François de Canson répond aux questions de La Gazette du Var.

Après la catastrophe survenue dans le Var qui a détruit plus de 7 000 hectares de notre territoire, la guerre du feu est plus que jamais l'une des priorités de la Région. À ce jour, ce sont 4 millions d'€ du budget régional qui y sont consacrés chaque année. La Région a déployé de nombreux dispositifs afin de préserver nos forêts et lutter contre les incendies dont le Fonds RESPIR qui réunit propriétaires forestiers et financeurs privés.

Ce combat vous tient particulièrement à cœur ?

Mon engagement dans le combat des risques naturels n’est pas le fruit du hasard ! Je suis un enfant de ces Maures, bercé dans cette région magnifique, rare et précieuse, que tout le monde nous envie, que tout le monde visite, mais qui est si fragile. Sur les 20 dernières années, 80 % des communes de la région ont fait l’objet d’un arrêté de reconnaissance de l’état de catastrophe naturelle. Toutes les communes de la région sont exposées à au moins l’un des cinq risques naturels majeurs. De Montgenèvre à Menton, nulle exception. C’est le sens de mon engagement, c’est le sens de l’engagement de Renaud Muselier, de dépasser les inerties, quelle qu’en soit l’origine, les dogmes, les contre-sens, y mettre la sueur, l’énergie, la hargne nécessaires, mais passer la barre pour un nouveau paradigme dans la gestion des risques. Et le faire ensemble.

Dans ce combat, que vous apporte le Groupe CMA-CGM ?

Le Groupe CMA-CGM, leader mondial du transport maritime et de la logistique, a annoncé un don d’1 million d’€, affecté, via le fonds « RESPIR », à la restauration des espaces naturels des zones sinistrées de la plaine des Maures. Ce don va financer un plan global de restauration de l’environnement et de la biodiversité en la régénération des végétaux existants avant l’incendie, des « ilots d’avenir » seront créés avec la replantation d’essences adaptées aux changements climatiques. Avec la réalisation de travaux d’urgence dès l’automne 2021, car nous avons tous la menace des épisodes cévenols à l’esprit, consistant à sécuriser les abords des voies de communications, sentiers de randonnée et prévenir les phénomènes érosifs, liés aux possibles pluies méditerranéennes d’automne, grâce à l’installation de fascines de bois, confectionnées à partir des arbres brûlés. Pour les études et travaux de première urgence, il a été décidé de déroger aux règles usuelles, et ce sont 100 % des dépenses engagées qui seront prises en charge sans aucun reste à charge pour les communes, syndicats mixtes ou propriétaire forestier.
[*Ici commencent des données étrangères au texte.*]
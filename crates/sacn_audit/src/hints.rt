//! Guesses at the places of streams and sources.

use crate::limits::HINTS;
use std::alloc::{AllocError, Global};

/// By what a CID and a universe count in a key: an odd number with many ones.
const KEY_FACTOR: u64 = 0x587f_d280_3bab_6c39;

/// For each of many keys the place at which it was found the latest time. Several streams may share a key, so what is read is a
/// guess: the caller looks at what stands there, and looks at all where it was wrong.
#[derive(Drop)]
pub(crate) struct Hints {
    places: Vec<u16>,
}

impl Hints {
    /// Guesses at the first place. Takes its room in one request.
    ///
    /// Errors: the request was refused.
    pub(crate) fn new(alloc: Global) -> Result<Self, AllocError> {
        Ok(Hints {
            places: vec![in alloc; 0; HINTS]?,
        })
    }

    /// Where what has this key may stand.
    pub(crate) fn guess(&self, key: usize) -> usize {
        match self.places.get(key) {
            Some(place) => usize::from(*place),
            None => 0,
        }
    }

    /// What has this key stands here.
    pub(crate) fn keep(&mut self, key: usize, place: usize) {
        if let Ok(place) = u16::try_from(place)
            && key < self.places.len()
        {
            self.places[key] = place;
        }
    }
}

/// The key of a source on a universe, or with 0 of a source: below `HINTS`, and mostly another one for another source or universe.
pub(crate) fn key_of(universe: u16, cid: &[u8; 16]) -> usize {
    let number = u128::from_be_bytes(*cid);
    let halves = ((number >> 64) as u64) ^ ((number % (1 << 64)) as u64).rotate_left(29);
    let mixed = halves
        .wrapping_add(u64::from(universe))
        .wrapping_mul(KEY_FACTOR);
    (mixed >> 48) as usize
}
La Région va donc apporter un soutien aux communes ?

En effet. Dans le cadre de sa politique de solidarité avec les communes victimes de catastrophes naturelles, la Région apporte un soutien aux communes qui ont engagé

Selon vous, il faut une vraie concertation ?
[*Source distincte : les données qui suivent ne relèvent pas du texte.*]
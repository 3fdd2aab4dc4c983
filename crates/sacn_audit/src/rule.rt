//! The rules that are looked at.

/// A rule of E1.31 that the packets of a stream may break; and what is told of them that breaks none (`CloseEnds`, `OtherStart`).
#[derive(Clone, Copy, PartialEq, Eq)]
pub enum Rule {
    /// More than 44 packets in each of two whole seconds of the clock that follow one another (6.6.1). Broken once for each
    /// second that completes such a pair, at its 45th packet. 44 is the rate of 512 slots (E1.11), however many this stream has and
    /// whatever rate its user has set; copies that were made on the way count.
    TooFast,
    /// More than 1000 ms between two packets with levels (start code 0) of a stream that goes on (6.6.2): what lies between them has
    /// other start codes, each packet has the number after the one before it, so that none was lost in between (nor, by these
    /// numbers, a multiple of 256), and none before the second ends the stream. Broken at the second.
    Silent,
    /// Levels that changed and were sent fewer than three times before the sender sent less often (6.6.2): a packet, of whatever
    /// start code, comes more than 500 ms after one that has the number before its own and doesn't end the stream, and the levels of
    /// that one were seen to change with it or with the packet before it. Broken at the packet that comes so late. A change is seen
    /// between packets with levels (start code 0) whose numbers follow one another, so what was lost on the way mostly accuses nobody.
    ShortChange,
    /// An end of fewer than three packets with Stream_Terminated in a row (6.2.6). Broken at the packet without it that follows. What
    /// was lost on the way, or came before the audit began, counts as not sent.
    ShortEnd,
    /// No breach, and told as seen: a packet with Stream_Terminated comes less than 20 ms after another one, with nothing of the stream
    /// between them. The standard doesn't say how far apart these are (6.2.6); a full queue may lose all that come in one burst, and
    /// receivers then hold the last look for 2500 ms. Told at each such packet; a copy that was made on the way is one.
    CloseEnds,
    /// The field of the source's name has no NUL (6.2.2). Broken at each such packet.
    NameNotEnded,
    /// The source's name, up to the first NUL of its field, is not UTF-8 (6.2.2). Broken at each such packet.
    NameNotText,
    /// Numbers that don't go up by one (6.2.5): four packets in a row have one number. Broken at the fourth, and at each further one.
    /// A receiver discards all but the first (6.7.2). Up to three are taken for copies of one packet that were made on the way.
    NumberStays,
    /// A number that is left out by habit (6.2.5), so that a receiver counts a packet as lost in each turn of 256: three turns in a row
    /// went from the number before it to the one after it, and all other packets of these turns go up by one. Broken at the third
    /// such step, and at each further one. What is lost on the way at the same number three turns in a row looks the same.
    NumberLeftOut,
    /// A bit of the options below Force_Synchronization (bit 5), which are reserved and sent as 0 (6.2.6). Broken at each such packet.
    ReservedBits,
    /// Sent to a multicast address (224.0.0.0/4) other than 239.255.HIGH.LOW, the group of its universe (9.3.1). Broken at each such
    /// packet. What is sent to one host, or to all of a network, breaks nothing.
    OtherGroup,
    /// No breach, and told as seen: a start code that is neither 0 (levels) nor 0xDD (priorities for slots). The standard has room for
    /// any (7.7), and a node that shows levels alone ignores such packets. Told at each of them.
    OtherStart,
}
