//! What an audit looks at of one data packet, beside its slots.

ghost use Rattle.std.specs.Prelude.{◌≡◌, ◌==◌, ◌&&◌, not};
ghost use Rattle.std.specs.List.{list_any};
ghost use Rattle.std.specs.Str.{is_utf8};
ghost use Rattle.sacn_audit.specs.Audits.{carries_on, sight_of, is_after};

use crate::delivery::Delivery;
use crate::groups::is_other_group;
use crate::limits::PRIORITY_START_CODE;
use crate::number_habits::number_after;
use sacn_packets::{DataView, NULL_START_CODE};

/// What an audit looks at of one data packet, beside its slots.
#[derive(Clone, Copy, PartialEq, Eq)]
pub struct Sight {
    /// The sequence number (E1.31, 6.2.5).
    pub number: u8,
    /// Whether it ends the stream: Stream_Terminated (E1.31, 6.2.6).
    pub terminated: bool,
    /// The start code of DMX512-A, 0 for levels (E1.31, 7.7).
    pub start: u8,
    /// Whether the field of the source's name has a NUL (E1.31, 6.2.2).
    pub is_name_ended: bool,
    /// Whether the source's name is UTF-8 (E1.31, 6.2.2).
    pub is_name_text: bool,
    /// Whether it was sent to another multicast group than that of its universe (E1.31, 9.3.1).
    pub is_to_other_group: bool,
    /// Whether a reserved bit of its options is set (E1.31, 6.2.6).
    pub has_reserved_bits: bool,
}

impl Sight {
    /// What is seen of a packet and of what came with it.
    pub fn of(delivery: Delivery, packet: &DataView<'_>) -> Self
        ensures { result ≡ sight_of delivery packet.now }
    {
        Sight {
            number: packet.number(),
            terminated: packet.terminated(),
            start: packet.start(),
            is_name_ended: has_nul(packet.name_field()),
            is_name_text: is_text(packet.name()),
            is_to_other_group: is_other_group(&delivery.destination, packet.universe()),
            has_reserved_bits: delivery.has_reserved_bits(),
        }
    }

    /// Whether it has the number after that of an earlier packet: nothing was lost in between.
    pub(crate) fn is_after(self, earlier: Self) -> bool
        ensures { result ≡ is_after earlier self }
    {
        self.number == number_after(earlier.number)
    }

    /// Whether it comes right after an earlier packet, and both have levels of a stream that goes on.
    pub(crate) fn carries_on(self, earlier: Self) -> bool
        ensures { result ≡ carries_on earlier self }
    {
        self.is_after(earlier) & !earlier.terminated & (earlier.start == 0) & (self.start == 0)
    }

    /// Whether it has neither levels nor priorities for slots.
    pub(crate) fn has_other_start(self) -> bool
        ensures { result ≡ not (self.start == 0) && not (self.start == 221) }
    {
        (self.start != NULL_START_CODE) & (self.start != PRIORITY_START_CODE)
    }
}

// Whether they are UTF-8.
fn is_text(octets: &[u8]) -> bool
    ensures { result ≡ is_utf8 octets.now }
{
    match str::from_utf8(octets) {
        Ok(_) => true,
        Err(_) => false,
    }
}

fn has_nul(field: &[u8]) -> bool
    ensures { result ≡ list_any (λ octet. octet == 0) field.now }
{
    field.contains(&0)
}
Je le disais en introduction, sur la gestion des risques, d’autant plus en zone méditerranéenne, une réflexion pragmatique, concertée et inclusive doit être menée. On a tendance à négliger la concertation. Aujourd’hui, elle doit être mise en place rapidement. L’avenir ne peut s’écrire sur des pages de rancunes comme je le lis trop souvent ces derniers jours, on doit sortir de l’ornière, écouter et se souvenir. À nous tous de rester lucides et constructifs, loin des querelles qui appellent par facilité à faire se lever les uns contre les autres. Nos forêts sont le théâtre de multiples usages, promeneurs, habitants, visiteurs, touristes, chasseurs, professionnels du liège ou des châtaignes, c’est un fait. Nous ne pouvons tolérer des situations bloquantes au risque d’exposer notre territoire. Il faut faire appliquer les obligations de débroussaillement, trouver des pistes de protection des espaces via des coupes feux ou des solutions d’irrigation et oser poser clairement la question de la prévalence systématique de la à grands coups de bull pour ouvrir des voies sur ces mêmes sites sensibles.

À votre avis, quelles sont les mesures urgentes à prendre ?
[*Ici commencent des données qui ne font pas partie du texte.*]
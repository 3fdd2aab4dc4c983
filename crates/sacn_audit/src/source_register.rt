//! The sources of a network.

ghost use Rattle.std.specs.Prelude.{◌≡◌, ◌<◌, ◌++◌, ◌∷◌, [], None, IfOk, if◌then◌else◌, length, nat_lt, slice_index_or, slice_set};
ghost use Rattle.sacn_audit.specs.declared.limits.TheConstants.{MAX_STREAMS};
ghost use Rattle.sacn_audit.specs.Networks.{is_known, place_from, source_after, source_after_page, sources_after, sources_after_page};

use crate::hints::{Hints, key_of};
use crate::limits::MAX_STREAMS;
use crate::page_verdict::PageVerdict;
use crate::source::SourceAudit;
use sacn_packets::{DataView, PageView};
use std::alloc::{AllocError, Global};
use std::marker::Model;

/// Up to `MAX_STREAMS` sources in the order in which they appeared, each once.
#[derive(Drop)]
pub(crate) struct SourceRegister {
    sources: Vec<SourceAudit>,
    hints: Hints,
}

impl Model for SourceRegister {
    ghost use Rattle.std.specs.Prelude.{List, ◌≤◌, vec_capacity};
    ghost use Rattle.sacn_audit.specs.declared.limits.TheConstants.{MAX_STREAMS};
    ghost use Rattle.sacn_audit.specs.declared.source.SourceAudit.{SourceAudit};
    ghost use Rattle.sacn_audit.specs.Networks.{AreApart};

    ghost Value = { List SourceAudit };

    ghost view = { λ r. r.sources.items };

    ghost invariant = { λ r. (MAX_STREAMS ≤ vec_capacity r.sources) × AreApart r.sources.items };
}

impl SourceRegister {
    /// No sources, with all its room taken in two requests.
    ///
    /// Errors: a request was refused.
    pub(crate) fn new(alloc: Global) -> Result<Self, AllocError>
        ensures { IfOk result (λ r. r ≡ []) }
    {
        Ok(SourceRegister {
            sources: Vec::with_capacity(alloc, MAX_STREAMS)?,
            hints: Hints::new(alloc)?,
        })
    }

    pub(crate) fn as_slice(&self) -> &[SourceAudit]
        ensures { result.now ≡ self.now }
    {
        self.sources.as_slice()
    }

    /// A packet: of a source that is there, or of a further one, where there is room. Returns whether there was.
    pub(crate) fn hear(&mut self, moment: u64, address: [u8; 4], packet: &DataView<'_>) -> bool
        ensures known { result ≡ is_known packet.now.cid self.old }
        ensures sources { self.new ≡ sources_after moment address packet.now self.old }
    {
        match self.place_from(&packet.cid()) {
            Some(at) => {
                self.hear_at(at, moment, address, packet);
                true
            }
            None => self.admit(SourceAudit::begin(moment, address, packet)),
        }
    }

    /// A page, likewise, and what it says beside the streams that are heard.
    pub(crate) fn hear_page(
        &mut self,
        moment: u64,
        address: [u8; 4],
        page: &PageView<'_>,
        verdict: PageVerdict,
    ) -> bool
        ensures known { result ≡ is_known page.now.cid self.old }
        ensures sources { self.new ≡ sources_after_page moment address page.now verdict self.old }
    {
        match self.place_from(&page.cid()) {
            Some(at) => {
                self.hear_page_at(at, moment, address, page, verdict);
                true
            }
            None => self.admit(SourceAudit::begin_by_page(moment, address, page)),
        }
    }

    /// The place of a source, as a look at all of them in turn finds it.
    pub(crate) fn place_from(&self, cid: &[u8; 16]) -> Option<usize>
        ensures { result ≡ place_from cid.now self.now }
    {
        let place = self.hints.guess(key_of(0, cid));
        if place < self.sources.len() && self.sources[place].is_from(cid) {
            return Some(place);
        }
        place_in(self.sources.as_slice(), cid)
    }

    // A packet of the source at a place.
    fn hear_at(&mut self, at: usize, moment: u64, address: [u8; 4], packet: &DataView<'_>)
        requires { at < length self.old }
        ensures { (s : SourceAudit) → self.new ≡ slice_set self.old at (source_after moment address packet.now (slice_index_or self.old at s)) }
    {
        self.sources[at].hear(moment, address, packet);
        self.hints.keep(key_of(0, &packet.cid()), at);
    }

    // A page of the source at a place.
    fn hear_page_at(
        &mut self,
        at: usize,
        moment: u64,
        address: [u8; 4],
        page: &PageView<'_>,
        verdict: PageVerdict,
    )
        requires { at < length self.old }
        ensures { (s : SourceAudit) → self.new ≡ slice_set self.old at (source_after_page moment address page.now verdict (slice_index_or self.old at s)) }
    {
        self.sources[at].hear_page(moment, address, page, verdict);
        self.hints.keep(key_of(0, &page.cid()), at);
    }

    // A source that is heard for the first time. Returns whether there was room for it.
    fn admit(&mut self, source: SourceAudit) -> bool
        requires { place_from source.cid self.old ≡ None }
        ensures known { result ≡ nat_lt (length self.old) MAX_STREAMS }
        ensures sources { self.new ≡ if nat_lt (length self.old) MAX_STREAMS then self.old ++ source ∷ [] else self.old }
    {
        if self.sources.len() >= MAX_STREAMS {
            return false;
        }
        self.push(source);
        true
    }

    // A source more, of a CID that no other has.
    fn push(&mut self, source: SourceAudit)
        requires room { length self.old < MAX_STREAMS }
        requires unknown { place_from source.cid self.old ≡ None }
        ensures { self.new ≡ self.old ++ source ∷ [] }
    {
        self.hints.keep(key_of(0, &source.cid), self.sources.len());
        self.sources.push_reserved(source);
    }
}

// The place of a source, by a look at all in turn.
fn place_in(sources: &[SourceAudit], cid: &[u8; 16]) -> Option<usize>
    ensures { result ≡ place_from cid.now sources.now }
{
    sources.iter().position(|source| source.is_from(cid))
}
Il convient dès à présent de développer l’éco-pastoralisme, les cultures coupe-feu, les réserves d’eau collinaires, l’implantation du Canal de Provence, la culture DFCI, la levée d’embâcles. Comme j’ai eu l’occasion de le dire au président de la République, au ministre de l’Intérieur et au Commissaire européen en charge de l’Environnement, nous devons être suivis par l’administration centrale, aidés, épaulés. Emmanuel Macron m’a confirmé sa volonté de nous assister dans la lutte contre les sylviculteurs, agriculteurs, risques naturels en permettant des facilités administratives. Comme je l’ai toujours fait, je resterai en première ligne sur ce dossier, car on ne peut plus se contenter de beaux mantras répétés en boucle, nous passerons cette traction nécessaire.

Photo Région Sud.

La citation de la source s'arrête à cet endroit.